I planted them a in recycled market pack and commercial seed starting mix and grew them under lights, getting six little plants within a few weeks. There is no telling what color or size the flowers will be. That is the fun of it. In April they went into a cold frame outdoors, still in the market pack, and in June I planted them in a newly dug part of the garden, where they became strong very fast. One died (maybe got eaten by a bug or stepped on by me), and five grew on.
From plant to plant, the leaves vary in size and shape. One formed flower buds and bloomed but the others will need another year. The one that bloomed is quite pretty but not remarkable, with a central gold disk and a triple ring of pinkish petals fading to beige in the centers. It is pictured on the left, the second down. The flat foliage is strong and healthy. It was fun to see it open at last, and I anticipate seeing the others unfold next year.
As of July, all the plants have come back very strongly. Growing straight and tall, they will take over the garden if I let them. Those I pinched back have branched well. All are are budded and ready to bloom in a few weeks.
As of early October, I can see that all the plants will bloom. The buds are showing color and should soon be open. This makes them slightly later than most other chrysanthemums in local gardens.

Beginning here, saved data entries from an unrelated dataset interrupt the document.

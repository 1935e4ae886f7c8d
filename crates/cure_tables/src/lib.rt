//! What a cured program is made of besides the code of its functions: signatures, the areas of objects, what frames are charged, and
//! globals (CCured, TOPLAS 2005).
#![tactic(auto)]

mod areas;
mod frames;
mod function_types;
mod globals;
mod words;

pub use areas::{area_of, areas_of};
pub use frames::{charge_of, variables};
pub use function_types::{Signatures, signatures_of};
pub use globals::{addresses, globals_of};
pub use words::{words_in, words_of_kind};
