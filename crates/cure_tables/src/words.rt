//! How many words values take.
#![tactic(auto)]

ghost use Rattle.std.specs.Prelude.{◌≡◌, ◌≤◌, length};
ghost use Rattle.std.specs.List.{All};
ghost use Rattle.cc_base.specs.Kinds.{kind_at};
ghost use Rattle.c_types.specs.Table.{IsType, AreNodesOf};
ghost use Rattle.sim_relation.specs.Ground.{word_number};
ghost use Rattle.cure_rules.specs.Functions.{words_at};

use c_types::{TypeShape, Types};
use cc_base::{Kind, Kinds, TypeId};

/// How many words a pointer of a kind takes. Takes no memory.
pub fn words_of_kind(kind: Kind) -> u32
    ensures words { result ≡ word_number kind }
    ensures few { result ≤ 3 }
{
    match kind {
        Kind::Safe => 1,
        Kind::Rtti => 2,
        Kind::Seq => 3,
        Kind::Wild => 2,
    }
}

/// How many words a value of a type takes; what has no value takes none. Takes no memory.
pub fn words_in(types: &Types, kinds: &Kinds, t: TypeId) -> u32
    requires typed { IsType types.now t }
    requires nodes { All (λ e. AreNodesOf (length kinds.now) e.shape) types.now }
    ensures words { result ≡ words_at types.now (kind_at kinds.now) t }
    ensures few { result ≤ 3 }
{
    match types.shape(t) {
        TypeShape::Integer { .. } => 1,
        TypeShape::Pointer(node, _) => words_of_kind(kinds.kind_of(*node)),
        TypeShape::Void
        | TypeShape::Array(_, _)
        | TypeShape::Function(_, _)
        | TypeShape::Struct(_)
        | TypeShape::Union(_) => 0,
    }
}
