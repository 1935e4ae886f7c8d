//! The signatures of function types.
#![tactic(auto)]

ghost use Rattle.std.specs.Prelude.{◌≡◌, ◌*◌, ◌≤◌, ◌<◌, IfOk, OnOk, IfSome, IfNone, true, length, slice_index, sum_by};
ghost use Rattle.std.specs.List.{All};
ghost use Rattle.cc_base.specs.Kinds.{kind_at};
ghost use Rattle.c_types.specs.Table.{IsType, AreNodesOf, is_function};
ghost use Rattle.c_types.specs.Sound.{IsWellFormed};
ghost use Rattle.cured_code.specs.Ranges.{IsSigInRange};
ghost use Rattle.cure_rules.specs.Functions.{words_at, signature_of, AreSignatures};
ghost use Rattle.rtti_nodes.specs.Numbering.{TellClasses};
ghost use Rattle.cure_tables.specs.Signed.{IsAlikeAt, IsNoneAlike, IsPassed, AreSigned};

use crate::words::words_in;
use c_types::{TypeShape, Types};
use cc_base::{Kinds, NoMemory, TypeId};
use cured_code::Sig;
use phys_types::Known;
use rtti_nodes::{ClassNumbers, class_numbers, is_of_one_class};
use std::alloc::Global;

/// How many words values of these types take together.
fn sum_of_words(types: &Types, kinds: &Kinds, ts: &[TypeId]) -> u32
    requires few { length ts.now ≤ 127 }
    requires typed { All (IsType types.now) ts.now }
    requires nodes { All (λ e. AreNodesOf (length kinds.now) e.shape) types.now }
    ensures sum { result ≡ sum_by (words_at types.now (kind_at kinds.now)) ts.now }
    ensures most { result ≤ 381 }
{
    let mut sum = 0;
    'types: for t in ts {
        sum += words_in(types, kinds, *t);
    }
    sum
}

/// What functions of a type take and give; of a type with more parameters than a defined function may have nothing is said.
fn signature_of(types: &Types, kinds: &Kinds, t: TypeId) -> Sig
    requires typed { IsType types.now t }
    requires nodes { All (λ e. AreNodesOf (length kinds.now) e.shape) types.now }
    ensures sig { result ≡ signature_of types.now (kind_at kinds.now) t }
    ensures kept { IsSigInRange result }
{
    let _count = types.count();
    match types.shape(t) {
        TypeShape::Function(parameters, result) if parameters.ids().len() <= 127 => Sig {
            params: sum_of_words(types, kinds, parameters.ids()),
            results: words_in(types, kinds, *result),
        },
        _ => Sig {
            params: 0,
            results: 0,
        },
    }
}

/// The place of the first of the types that is of the class of a type.
fn place_of(
    known: &Known,
    kinds: &Kinds,
    told: &ClassNumbers,
    firsts: &[TypeId],
    t: TypeId,
) -> Result<Option<usize>, NoMemory>
    requires formed { IsWellFormed known.now }
    requires types { All (IsType known.now) firsts.now }
    requires typed { IsType known.now t }
    requires nodes { All (λ e. AreNodesOf (length kinds.now) e.shape) known.now }
    requires told { TellClasses known.now (kind_at kinds.now) told.now }
    ensures found { IfOk result
        (λ place. IfSome place (IsAlikeAt known.now (kind_at kinds.now) firsts.now t)) }
    ensures none { IfOk result
        (λ place. IfNone place (IsNoneAlike known.now (kind_at kinds.now) firsts.now t)) }
{
    'firsts: for i in 0..firsts.len() {
        if is_of_one_class(known, kinds, told, t, firsts[i])? {
            return Ok(Some(i));
        }
    }
    Ok(None)
}

/// Signatures in the making: the first type of each class, its signature, and of each function type the number of its signature.
#[derive(Drop)]
pub(crate) struct Signing {
    pub(crate) firsts: Vec<TypeId>,
    pub(crate) sigs: Vec<Sig>,
    pub(crate) numbers: Vec<u32>,
}

/// Whether a type is a function type.
fn is_function(types: &Types, t: TypeId) -> bool
    requires { IsType types.now t }
    ensures { result ≡ is_function types.now t }
{
    matches!(types.shape(t), TypeShape::Function(_, _))
}

/// Gives a function type the signature of its class, or a new one; any other type is passed.
fn sign(
    known: &Known,
    types: &Types,
    kinds: &Kinds,
    told: &ClassNumbers,
    state: &mut Signing,
    t: TypeId,
) -> Result<(), NoMemory>
    requires table { known.now ≡ types.now }
    requires first { All (IsType known.now) state.old.firsts.items }
    requires typed { IsType known.now t }
    requires nodes { All (λ e. AreNodesOf (length kinds.now) e.shape) known.now }
    requires few { length state.old.firsts.items < 4294967295 }
    requires fits { t.0 < length state.old.numbers.items }
    requires told { TellClasses known.now (kind_at kinds.now) told.now }
    ensures { OnOk result (IsPassed known.now (kind_at kinds.now) t state.old state.new) }
{
    let _count = types.count();
    if !is_function(types, t) {
        return Ok(());
    }
    if let Some(place) = place_of(known, kinds, told, &state.firsts, t)? {
        state.numbers[t.0 as usize] = place as u32 + 1;
        return Ok(());
    }
    state.firsts.push(t)?;
    state.sigs.push(signature_of(types, kinds, t))?;
    state.numbers[t.0 as usize] = state.firsts.len() as u32;
    Ok(())
}

/// The signatures of a program, that of function 0 first, and of each function type the number of its signature.
#[derive(Drop)]
pub struct Signatures {
    pub sigs: Vec<Sig>,
    pub numbers: Vec<u32>,
}

/// The signatures that were made.
fn finished(state: Signing) -> Signatures
    ensures sigs { result.sigs.items ≡ state.sigs.items }
    ensures numbers { result.numbers.items ≡ state.numbers.items }
{
    let Signing {
        firsts: _firsts,
        sigs,
        numbers,
    } = state;
    Signatures { sigs, numbers }
}

/// The signatures of all function types: types have one where they are of one class.
pub fn signatures_of(
    alloc: Global,
    known: &Known,
    types: &Types,
    kinds: &Kinds,
) -> Result<Signatures, NoMemory>
    requires table { known.now ≡ types.now }
    requires nodes { All (λ e. AreNodesOf (length kinds.now) e.shape) known.now }
    ensures signed { IfOk result (λ s. AreSignatures types.now (kind_at kinds.now)
        (λ t. slice_index s.numbers.items t.0) s.sigs.items) }
    ensures kept { IfOk result (λ s. All IsSigInRange s.sigs.items) }
    ensures few { IfOk result (λ s. length s.sigs.items ≤ 65536) }
{
    let count = types.count();
    let told = class_numbers(alloc, known, types, kinds)?;
    let mut state = Signing {
        firsts: Vec::new(alloc),
        sigs: vec![in alloc; Sig {
            params: 0,
            results: 0
        }; 1]?,
        numbers: vec![in alloc; 0; count as usize]?,
    };
    'types: for t in 0..count {
        sign(known, types, kinds, &told, &mut state, TypeId(t))?;
    }
    Ok(finished(state))
}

Now it is early November and all the plants have bloomed. Here are the results, pictured on the green background. Two are pale pinkish lavender, indistinguishable from each other, and they are very strong growers (bottom right). Two are yellowish with a flush of pale brown, large, and floriferous, shown on the bottom left. And one, the cutest, is a plain, butter-yellow daisy (top right) My experiment did not make chrysanthemum history but it was very rewarding to see and grow the results. If I find any seeds in February I'll plant them.